▶ Exercise description
Among the entries below, one line contains "moved = *self.at(moved.before" and another contains "self.now.setting self.now.walks longer". Transcribe those two lines and every line between them, exactly.

Items from a data source:
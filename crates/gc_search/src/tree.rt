ghost use Rattle.std.specs.Prelude.{◌≡◌, ◌⊎◌, ◌+◌, ◌^◌, ◌<◌, ◌≤◌, ◌++◌, ◌∷◌, [], ℕ, List, length, slice_get, true, Some, IfOk, IfSome, OnErr, OnOk};
ghost use Rattle.std.specs.Ordering.{nat_cmp};
ghost use Rattle.std.specs.Cmp.Lexicographic.{slice_cmp};
ghost use Rattle.gc_prod.specs.Products.{Setting};
ghost use Rattle.gc_search.specs.Arrivals.{FoundWalk, extended, IsLowAt, Told};
ghost use Rattle.gc_search.specs.Links.{numbered, walk_of, IsNumber, IsTold, IsWayOf};
ghost use Rattle.gc_search.specs.Ranks.{AreNoLater};
ghost use Rattle.gc_search.specs.Tails.{edges_by, edges_if, edges_told, tail_edges, IsLevelOrder, IsTail};

use crate::comparing::repeats_last;
use crate::link::Link;
use crate::tail::{Tail, edge_count};
use crate::way::add_move_back;
use gc_base::{Memory, Step};
use gc_prod::{By, Move, Pair, Product};
use std::alloc::Global;
use std::cmp::Ordering;
use std::marker::Model;

// The walks that are settled, in the order in which they were. Each extends an earlier one by a move, and
// is kept as the number of that one and the move, so walks share their beginnings. Each has a rank: where
// two have one cost and equally many edges, their ranks tell the order of these, so that nothing before
// them need be looked at. Contracts see the product and the walks.
#[derive(Drop)]
pub(crate) struct WalkTree<'a> {
    pub(crate) product: &'a Product<'a>,
    links: Vec<Link>,
    ranks: Vec<usize>,
}

impl<'a> Model for WalkTree<'a> {
    ghost use Rattle.gc_search.specs.Links.{Walks, told};
    ghost use Rattle.gc_search.specs.Ranks.{IsRankedTree};

    ghost Value = { Walks };

    ghost view = { λ t. record { setting = t.product.now; walks = told t.product.now t.links.items } };

    ghost invariant = { λ t. IsRankedTree t.product.now t.links.items t.ranks.items };
}

impl<'a> WalkTree<'a> {
    // No walk is settled.
    pub(crate) fn of(alloc: Global, product: &'a Product<'a>) -> WalkTree<'a>
        ensures { result ≡ record { setting = product.now; walks = [] } }
    {
        WalkTree {
            product,
            links: Vec::new(alloc),
            ranks: Vec::new(alloc),
        }
    }

    // How many walks are settled.
    pub(crate) fn count(&self) -> usize
        ensures exact { result ≡ length self.now.walks }
        ensures few { result < 2 ^ 63 }
    {
        self.links.len()
    }

    // The walk at a place, as it is told by an earlier one.
    pub(crate) fn at(&self, place: usize) -> &Link
        requires { place < length self.now.walks }
        ensures exact { slice_get self.now.walks place ≡ Some (walk_of self.now.setting self.now.walks result.now) }
        ensures told { IsTold self.now.setting self.now.walks result.now }
        ensures earlier { result.now.before ≤ place }
    {
        &self.links[place]
    }

    // Settles a walk behind the others, which come no later.
    pub(crate) fn push(&mut self, next: Link) -> Result<(), Memory>
        requires told { IsTold self.old.setting self.old.walks next }
        requires later { AreNoLater self.old.walks (walk_of self.old.setting self.old.walks next) }
        ensures ok { OnOk result (self.new ≡ record self.old { walks = self.old.walks ++ walk_of self.old.setting self.old.walks next ∷ [] }) }
        ensures err { OnErr result (self.new ≡ self.old) }
    {
        let rank = if repeats_last(self, &next) {
            self.ranks[self.ranks.len() - 1]
        } else {
            self.ranks.len()
        };
        self.links.push(next)?;
        match self.ranks.push(rank) {
            Ok(()) => Ok(()),
            Err(_) => {
                self.links.pop();
                Err(Memory)
            }
        }
    }

    // Takes the last walk away, if there is one.
    pub(crate) fn pop(&mut self)
        ensures setting { self.new.setting ≡ self.old.setting }
        ensures walks { (walks : List FoundWalk) (a : FoundWalk) → self.old.walks ≡ walks ++ a ∷ [] → self.new.walks ≡ walks }
    {
        self.links.pop();
        self.ranks.pop();
    }

    // The order of two settled walks with equally many edges by these, as their ranks tell it where both
    // cost the same.
    pub(crate) fn ranked(&self, one: usize, other: usize) -> Option<Ordering>
        requires first { IsNumber self.now.walks one }
        requires second { IsNumber self.now.walks other }
        requires level { length (edges_if (numbered self.now.walks one)) ≡ length (edges_if (numbered self.now.walks other)) }
        ensures { IfSome result (λ order.
            order ≡ slice_cmp nat_cmp (edges_if (numbered self.now.walks one)) (edges_if (numbered self.now.walks other))) }
    {
        if self.at(one - 1).cost == self.at(other - 1).cost {
            Some(self.ranks[one - 1].cmp(&self.ranks[other - 1]))
        } else {
            None
        }
    }

    // The order of two settled walks by their edges, as their ranks tell it where both cost the same and
    // have equally many. The number 0 is that of none.
    pub(crate) fn ranked_alike(&self, one: usize, other: usize) -> Option<Ordering>
        ensures { IfSome result (IsLevelOrder self.now.walks one other) }
    {
        if !self.has(one)
            || !self.has(other)
            || self.edges_before(one) != self.edges_before(other)
        {
            return None;
        }
        self.ranked(one, other)
    }

    // The walk that a walk repeats by moves that stay, or itself.
    pub(crate) fn moved(&self, link: &Link) -> Link
        ensures { edges_told self.now.setting self.now.walks result ≡ edges_told self.now.setting self.now.walks link.now }
    {
        let mut moved = *link;
        while stays(moved.by) && self.has(moved.before) {
            moved = *self.at(moved.before - 1);
        }
        moved
    }

    // The walk at a place, and a move behind it. A walk of 2^64 edges has no room in memory.
    pub(crate) fn extended(&self, place: usize, by: Move) -> Result<Link, Memory>
        requires within { place < length self.now.walks }
        requires low { IsLowAt self.now.walks place }
        ensures exact { IfOk result (λ longer. (a : FoundWalk) → slice_get self.now.walks place ≡ Some a
            → walk_of self.now.setting self.now.walks longer ≡ extended self.now.setting a by) }
        ensures told { IfOk result (IsTold self.now.setting self.now.walks) }
        ensures small { by.cost < 2 ^ 64 }
    {
        let _few = self.count();
        let last = *self.at(place);
        let Some(edges) = last.edges.checked_add(edge_count(self.product, by.by)) else {
            return Err(Memory);
        };
        Ok(Link {
            at: Pair {
                node: by.node,
                state: by.state,
            },
            cost: last.cost + u128::from(by.cost),
            edges,
            before: place + 1,
            by: by.by,
        })
    }

    // The whole of a walk: all edges of the move by which it extends a settled one.
    pub(crate) fn tail(&self, link: &Link) -> Tail
        ensures edges { tail_edges self.now.setting self.now.walks result ≡ edges_told self.now.setting self.now.walks link.now }
        ensures is { IsTail self.now.setting self.now.walks result }
        ensures earlier { result.before ≤ link.now.before }
    {
        if self.has(link.before) {
            Tail {
                before: link.before,
                by: link.by,
                left: edge_count(self.product, link.by),
            }
        } else {
            Tail {
                before: 0,
                by: link.by,
                left: 0,
            }
        }
    }

    // Whether a settled walk has a number.
    fn has(&self, number: usize) -> bool
        ensures { Told result (IsNumber self.now.walks number) ((number ≡ 0) ⊎ (length self.now.walks < number)) }
    {
        number > 0 && number <= self.links.len()
    }

    // The whole of the settled walk of a number above 0.
    pub(crate) fn opened(&self, number: usize) -> Tail
        requires { IsNumber self.now.walks number }
        ensures edges { tail_edges self.now.setting self.now.walks result ≡ edges_if (numbered self.now.walks number) }
        ensures is { IsTail self.now.setting self.now.walks result }
        ensures earlier { result.before < number }
    {
        self.tail(self.at(number - 1))
    }

    // How many edges the beginning of a walk has.
    pub(crate) fn length_of(&self, tail: &Tail) -> u128
        requires { IsTail self.now.setting self.now.walks tail.now }
        ensures { result ≡ length (tail_edges self.now.setting self.now.walks tail.now) }
    {
        self.edges_before(tail.before) as u128 + tail.left as u128
    }

    // How many edges the settled walk of a number has, or none where the number is 0.
    fn edges_before(&self, number: usize) -> usize
        requires { number ≤ length self.now.walks }
        ensures { result ≡ length (edges_if (numbered self.now.walks number)) }
    {
        if number == 0 {
            0
        } else {
            self.at(number - 1).edges
        }
    }

    // The steps of the walk at a place. They are met from the last to the first.
    pub(crate) fn steps(&self, place: usize) -> Result<Vec<Step>, Memory>
        requires { place < length self.now.walks }
        ensures { IfOk result (λ steps. (a : FoundWalk) → slice_get self.now.walks place ≡ Some a → a.steps ≡ steps.items) }
    {
        let mut link = *self.at(place);
        let mut steps = Vec::with_capacity(*self.links.allocator(), link.edges)?;
        while link.before > 0 {
            add_move_back(self.product, link.by, link.at.node, &mut steps)?;
            link = *self.at(link.before - 1);
        }
        steps.reverse();
        Ok(steps)
    }

    // The moves of the walk at a place, the last first, each with the walk that it leads to.
    pub(crate) fn way(&self, place: usize) -> Result<Vec<Link>, Memory>
        requires { place < length self.now.walks }
        ensures { IfOk result (λ way. IsWayOf self.now place way.items) }
    {
        let mut way = Vec::new(*self.links.allocator());
        let mut link = *self.at(place);
        while link.before > 0 {
            way.push(link)?;
            link = *self.at(link.before - 1);
        }
        Ok(way)
    }
}

// Whether a move stays at its node.
fn stays(by: By) -> bool
    ensures { result ≡ true → (setting : Setting) → edges_by setting by ≡ [] }
{
    matches!(by, By::Nothing)
}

▶ Output for this exercise
            moved = *self.at(moved.before - 1);
        }
        moved
    }

    // The walk at a place, and a move behind it. A walk of 2^64 edges has no room in memory.
    pub(crate) fn extended(&self, place: usize, by: Move) -> Result<Link, Memory>
        requires within { place < length self.now.walks }
        requires low { IsLowAt self.now.walks place }
        ensures exact { IfOk result (λ longer. (a : FoundWalk) → slice_get self.now.walks place ≡ Some a
            → walk_of self.now.setting self.now.walks longer ≡ extended self.now.setting a by) }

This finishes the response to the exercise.